Over dit lichaamsspektakel is al heel wat kritische kunst gemaakt, vaak met een sterk ethische inslag. Zoals de titel Closer aangeeft, gaat het collectief Deep Blue eerder om mogelijkheden van onderzoek naar beweging en geluid op een microniveau. Daarmee levert de groep niet enkel een schitterend werkstuk af, van nabij blijken lichamen al bij al vreemder dan we zouden willen toegeven.

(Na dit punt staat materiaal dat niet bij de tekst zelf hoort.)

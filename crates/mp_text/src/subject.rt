//! Reads subjects without a tree of their expressions.

ghost use Rattle.std.specs.Prelude.{◌≡◌, ◌<◌, ◌++◌, ◌∷◌, ℕ, List, [], false, length, IfOk, IfSome, IfNone};
ghost use Rattle.std.specs.Prelude.{IsTrue, IsFalse};
ghost use Rattle.mp_term.specs.Signature.{Sig};
ghost use Rattle.mp_term.specs.View.{tree};
ghost use Rattle.mp_pattern.specs.declared.limits.TheConstants.{MAX_SUBJECTS};
ghost use Rattle.mp_parser.specs.Syntax as syntax;
ghost use Rattle.mp_parser.specs.Syntax.{SubjectOf};
ghost use Rattle.mp_parser.specs.Parsing.{ahead};
ghost use Rattle.mp_parser.specs.View.{spot_of};
ghost use Rattle.mp_build.specs.Answers.{Gives};
ghost use Rattle.mp_build.specs.Build.{term_of};
ghost use Rattle.mp_build.specs.Checks.{name_faults, term_faults};
ghost use Rattle.mp_build.specs.Names.{subject_names};
ghost use Rattle.mp_text.specs.Draft.{IsDraftOf};
ghost use Rattle.mp_text.specs.InOrder.{IsDraftRead};
ghost use Rattle.mp_text.specs.ReadTerm.{IsSubjectRead};

use crate::heading::named;
use crate::reader::{Draft, add_statement_name, push_subject};
use crate::term_reader::read_term;
use mp_build::{TextError, normal_built};
use mp_parser::parser::Parser;
use mp_parser::token::Punct;
use mp_pattern::MAX_SUBJECTS;
use mp_syntax::{MAX_OPEN, Word};
use mp_term::{MAX_TERM_NODES, Memory, Signature, Term};
use std::alloc::Global;

/// Adds the subject whose statement comes next, its term in normal form, or finds the fault of its name. False says
/// nothing of the tokens; then none is passed, and the draft is as it was.
pub(crate) fn add_next_subject<'a>(
    alloc: Global,
    draft: &mut Draft<'a>,
    parser: &mut Parser<'a>,
) -> Result<bool, TextError>
    ensures added { IfOk result (λ b. IsTrue b → (bytes : List ℕ) → IsDraftRead bytes parser.old draft.old
        → IsDraftRead bytes parser.new draft.new) }
    ensures shorter { IfOk result (λ b. IsTrue b → length (ahead parser.new) < length (ahead parser.old)) }
    ensures kept { IfOk result (λ b. IsFalse b → (parser.new ≡ parser.old) × (draft.new ≡ draft.old)) }
{
    let Some((name, term)) = read_subject(alloc, &draft.file.sig, parser)? else {
        return Ok(false);
    };
    add_term(alloc, draft, name, term)?;
    Ok(true)
}

// Reads the statement of a subject, and gives its name and its term as it is written. None says nothing of the tokens,
// of which none is passed then.
fn read_subject<'a>(
    alloc: Global,
    sig: &Signature,
    parser: &mut Parser<'a>,
) -> Result<Option<(Word<'a>, Term)>, Memory>
    ensures read { IfOk result (λ o. IfSome o (λ s.
        IsSubjectRead sig.now (spot_of s.0) (tree s.1) (ahead parser.old) (ahead parser.new))) }
    ensures shorter { IfOk result (λ o. IfSome o (λ s. length (ahead parser.new) < length (ahead parser.old))) }
    ensures kept { IfOk result (λ o. IfNone o (parser.new ≡ parser.old)) }
{
    let mut reader = *parser;
    let Some(subject) = subject_at(alloc, sig, &mut reader)? else {
        return Ok(None);
    };
    *parser = reader;
    Ok(Some(subject))
}

// The same, but where the answer is None tokens may be passed.
fn subject_at<'a>(
    alloc: Global,
    sig: &Signature,
    parser: &mut Parser<'a>,
) -> Result<Option<(Word<'a>, Term)>, Memory>
    ensures read { IfOk result (λ o. IfSome o (λ s.
        IsSubjectRead sig.now (spot_of s.0) (tree s.1) (ahead parser.old) (ahead parser.new))) }
    ensures shorter { IfOk result (λ o. IfSome o (λ s. length (ahead parser.new) < length (ahead parser.old))) }
{
    let Some(name) = named(parser, b"subject") else {
        return Ok(None);
    };
    let mut left = MAX_TERM_NODES as usize;
    let Some(term) = read_term(alloc, sig, parser, MAX_OPEN, &mut left)? else {
        return Ok(None);
    };
    let Ok(()) = parser.expect(Punct::Semicolon) else {
        return Ok(None);
    };
    Ok(Some((name, term)))
}

// Adds a subject of this term, which is put in normal form, or finds the fault of its name.
fn add_term<'a>(
    alloc: Global,
    draft: &mut Draft<'a>,
    name: Word<'a>,
    term: Term,
) -> Result<(), TextError>
    requires { (e : syntax.Tree) × (term_faults draft.old.file.sig e ≡ [])
        × (tree term ≡ term_of draft.old.file.sig e) }
    ensures { (sig : Sig) (earlier : List syntax.Statement) (e : syntax.Tree) → IsDraftOf sig earlier draft.old
        → tree term ≡ term_of sig e
        → Gives result (name_faults MAX_SUBJECTS (subject_names earlier) false (spot_of name.entry))
        (λ _. IsDraftOf sig (earlier ++ SubjectOf (spot_of name.entry) e ∷ []) draft.new) }
{
    add_statement_name(&mut draft.subject_names, name, MAX_SUBJECTS, false)?;
    let term = normal_built(alloc, &draft.file.sig, term)?;
    push_subject(alloc, &mut draft.file.subjects, name, term)?;
    Ok(())
}
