//! Reads files whose declarations come first, statement by statement.

ghost use Rattle.std.specs.Prelude.{◌≡◌, ◌<◌, ◌≤◌, ◌-◌, ◌^◌, ℕ, List, [], true, false, length, map, Ok};
ghost use Rattle.std.specs.Prelude.{IfOk, IfSome, IsTrue, OnOk};
ghost use Rattle.mp_parser.specs.Lexing.{token_of};
ghost use Rattle.mp_parser.specs.Machine.{is_end};
ghost use Rattle.mp_parser.specs.Parsing.{ahead};
ghost use Rattle.mp_parser.specs.View.{statement_tree};
ghost use Rattle.mp_pattern.specs.declared.limits.TheConstants.{MAX_SUBJECTS};
ghost use Rattle.mp_text.specs.File.{file_tree};
ghost use Rattle.mp_text.specs.InOrder.{HasRead, IsDraftRead, is_declaration};
ghost use Rattle.mp_text.specs.Reading.{IsFileOf};

use crate::file::File;
use crate::reader::{Draft, add_statement, draft_of, finished};
use crate::rule_reader::add_next_rule;
use crate::subject::add_next_subject;
use bumpalo::Bump;
use mp_build::{TextError, if_faultless};
use mp_parser::arena::Arena;
use mp_parser::parser::Parser;
use mp_syntax::{Statement, SyntaxError, read_statement};
use mp_term::Memory;
use std::alloc::Global;

// Room is taken for a rule and a subject for each so many bytes of a text: few statements are shorter.
const SHORT_STATEMENT: usize = 16;

/// The file of the bytes, built statement by statement, where its declarations come before its other statements and
/// nothing has a fault. None says nothing of the bytes. `Memory` comes where memory runs out.
pub(crate) fn read_in_order(alloc: Global, bytes: &[u8]) -> Result<Option<File>, Memory>
    requires { length bytes.now < 2 ^ 32 - 1 }
    ensures { IfOk result (λ o. IfSome o (λ f. IsFileOf bytes.now (file_tree f))) }
{
    let Some(file) = if_faultless(build_in_order(alloc, bytes))? else {
        return Ok(None);
    };
    Ok(file)
}

// The same, but where something has a fault, that is answered; it need not be the first one.
fn build_in_order(alloc: Global, bytes: &[u8]) -> Result<Option<File>, TextError>
    requires { length bytes.now < 2 ^ 32 - 1 }
    ensures { IfOk result (λ o. IfSome o (λ f. IsFileOf bytes.now (file_tree f))) }
{
    let bump = Bump::new(alloc);
    let mut arena = Arena::new(alloc, &bump);
    let mut parser = Parser::new(bytes);
    build_statements(
        alloc,
        &mut parser,
        &mut arena,
        bytes.len() / SHORT_STATEMENT,
    )
}

// The same of the statements that come next, with room at once for so many rules and subjects.
fn build_statements<'a>(
    alloc: Global,
    parser: &mut Parser<'a>,
    arena: &mut Arena<'a>,
    room: usize,
) -> Result<Option<File>, TextError>
    requires { (bytes : List ℕ) × HasRead bytes [] parser.old }
    ensures { IfOk result (λ o. IfSome o (λ f.
        (bytes : List ℕ) → HasRead bytes [] parser.old → IsFileOf bytes (file_tree f))) }
{
    let mut draft = declared(alloc, parser, arena, room)?;
    let is_whole = add_others(alloc, &mut draft, parser, arena);
    file_where(is_whole, finished(draft))
}

// The file, where it is whole.
fn file_where(is_whole: Result<bool, TextError>, file: File) -> Result<Option<File>, TextError>
    ensures { IfOk result (λ o. IfSome o (λ f. (is_whole ≡ Ok true) × (f ≡ file))) }
{
    match is_whole {
        Ok(true) => Ok(Some(file)),
        Ok(false) => {
            drop(file);
            Ok(None)
        }
        Err(error) => {
            drop(file);
            Err(error)
        }
    }
}

// The draft of the declarations that come next, with room for so many rules and subjects.
fn declared<'a>(
    alloc: Global,
    parser: &mut Parser<'a>,
    arena: &mut Arena<'a>,
    room: usize,
) -> Result<Draft<'a>, TextError>
    ensures { IfOk result (λ d. (bytes : List ℕ) → HasRead bytes [] parser.old → IsDraftRead bytes parser.new d) }
{
    let declarations = declarations(alloc, parser, arena)?;
    draft_of(alloc, &declarations, room)
}

// Adds the statements that come next, up to the end of the bytes, to the draft. At a declaration it answers false.
fn add_others<'a>(
    alloc: Global,
    draft: &mut Draft<'a>,
    parser: &mut Parser<'a>,
    arena: &mut Arena<'a>,
) -> Result<bool, TextError>
    requires { (bytes : List ℕ) × IsDraftRead bytes parser.old draft.old }
    ensures { IfOk result (λ b. IsTrue b → (bytes : List ℕ) → IsDraftRead bytes parser.old draft.old
        → IsFileOf bytes (file_tree draft.new.file)) }
{
    while !parser.is_at_end() {
        if !add_next(alloc, draft, parser, arena)? {
            return Ok(false);
        }
    }
    Ok(true)
}

// The declarations that come next.
fn declarations<'a>(
    alloc: Global,
    parser: &mut Parser<'a>,
    arena: &mut Arena<'a>,
) -> Result<Vec<Statement<'a>>, SyntaxError>
    ensures { IfOk result (λ ss. (bytes : List ℕ) → HasRead bytes [] parser.old
        → HasRead bytes (map statement_tree ss.items) parser.new) }
{
    let mut declarations = Vec::new(alloc);
    while parser.sees_word(b"op") || parser.sees_word(b"kind") {
        let statement = read_statement(parser, arena)?;
        declarations.push(statement)?;
    }
    Ok(declarations)
}

// Adds the next statement to the draft. Where that is a declaration it answers false.
fn add_next<'a>(
    alloc: Global,
    draft: &mut Draft<'a>,
    parser: &mut Parser<'a>,
    arena: &mut Arena<'a>,
) -> Result<bool, TextError>
    requires more { is_end (token_of parser.old.token.kind) ≡ false }
    requires few { length draft.old.subject_names ≤ MAX_SUBJECTS }
    ensures added { IfOk result (λ b. IsTrue b → (bytes : List ℕ) → IsDraftRead bytes parser.old draft.old
        → IsDraftRead bytes parser.new draft.new) }
    ensures shorter { OnOk result (length (ahead parser.new) < length (ahead parser.old)) }
{
    if add_next_subject(alloc, draft, parser)? {
        return Ok(true);
    }
    if add_next_rule(alloc, draft, parser, arena)? {
        return Ok(true);
    }
    add_next_statement(alloc, draft, parser, arena)
}

// The same of a statement that is read as a tree.
fn add_next_statement<'a>(
    alloc: Global,
    draft: &mut Draft<'a>,
    parser: &mut Parser<'a>,
    arena: &mut Arena<'a>,
) -> Result<bool, TextError>
    requires more { is_end (token_of parser.old.token.kind) ≡ false }
    requires few { length draft.old.subject_names ≤ MAX_SUBJECTS }
    ensures added { IfOk result (λ b. IsTrue b → (bytes : List ℕ) → IsDraftRead bytes parser.old draft.old
        → IsDraftRead bytes parser.new draft.new) }
    ensures shorter { OnOk result (length (ahead parser.new) < length (ahead parser.old)) }
{
    let statement = read_statement(parser, arena)?;
    if is_declaration(&statement) {
        return Ok(false);
    }
    add_statement(alloc, draft, &statement)?;
    Ok(true)
}

// The statement declares an operation or a kind.
fn is_declaration(statement: &Statement<'_>) -> bool
    ensures { result ≡ is_declaration (statement_tree statement.now) }
{
    match statement {
        Statement::Op { .. } | Statement::Kind { .. } => true,
        _ => false,
    }
}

Elke toeschouwer krijgt een hoofdtelefoon en mag vrij rondlopen in een environment. Scenografe Shizuka Hariu creëerde met een scherm van verticaal hangende bamboestokjes een grillige, biomorfe ruimte. Daarop projecteert Arne Lievens felgekleurde lichtslierten, felrood, fuchsia, turkoois. Ondertussen knettert, ruist en zoemt het minimale geluidsontwerp van Chistoph De Boeck aan je oren. Al die elementen zorgen voor een bevreemdende intimiteit, waarin je jezelf langzaam een plek kan zoeken.
Pas na geruime tijd begeven choreografen/dansers Heine R. Avdal en Yukiko Shinozaki – bekend van hun verleden bij Damaged Goods – zich tussen de toeschouwers. Alsof zich een energiepakketje door hun lichaam verplaatst, tintelt af en toe een hand of voet, of gaat hun borstkas onrustig op en neer. Verder bewegen ze nauwelijks, hun houding is afstandelijk en gesloten, ondanks hun fysieke nabijheid. Plots besef je dat zij zich niet eens in dezelfde audioruimte bevinden. Hebben wij toeschouwers via het geluid meer kennis over hun lichamen dan zijzelf? Bevinden we ons ineens in de rol van onderzoeker? Vormt het publiek nog wel een groep, nu iedereen vanuit zijn eigen geluidsruimte opereert? Hoewel de visuele ruimte nog wordt gedeeld, blijkt onze eenzaamheid groot: in onze ervaringswereld zijn we fundamenteel eenzaam, net zoals de menselijke geest eenzaam is tegenover de ander, de wereld, het lichaam.
Wat vermag een meer nabije blik hiertegen? Met het reizende energiepakketje als bewegingsprincipe wordt het bewegingsmateriaal verder uitvergroot. Een vreemd gebaar transporteert zich doorheen het gehele lichaam, naar een ander lichaam of doorheen de ruimte volgens een volstrekt eigenzinnige logica. Hoogst fascinerend, maar het blijft allemaal vreemd: hoe zou dit alles eruit zien als we met andere zintuigen uitgerust waren, een AFP-screener bijvoorbeeld? De dominantie van het oog wordt op een boeiende manier in vraag gesteld, net zoals ‘medische visualisering’ een paradox inhoudt: leidt het meten van bepaalde bloedwaarden wel tot een ‘beeld’? In Closer leveren ons onbekende zintuigen de felbetrachte nabijheid, waarbij blindheid omslaat in een futuristische verbeelding. De fictie van het transparante lichaam verdwijnt ergens tussen beide.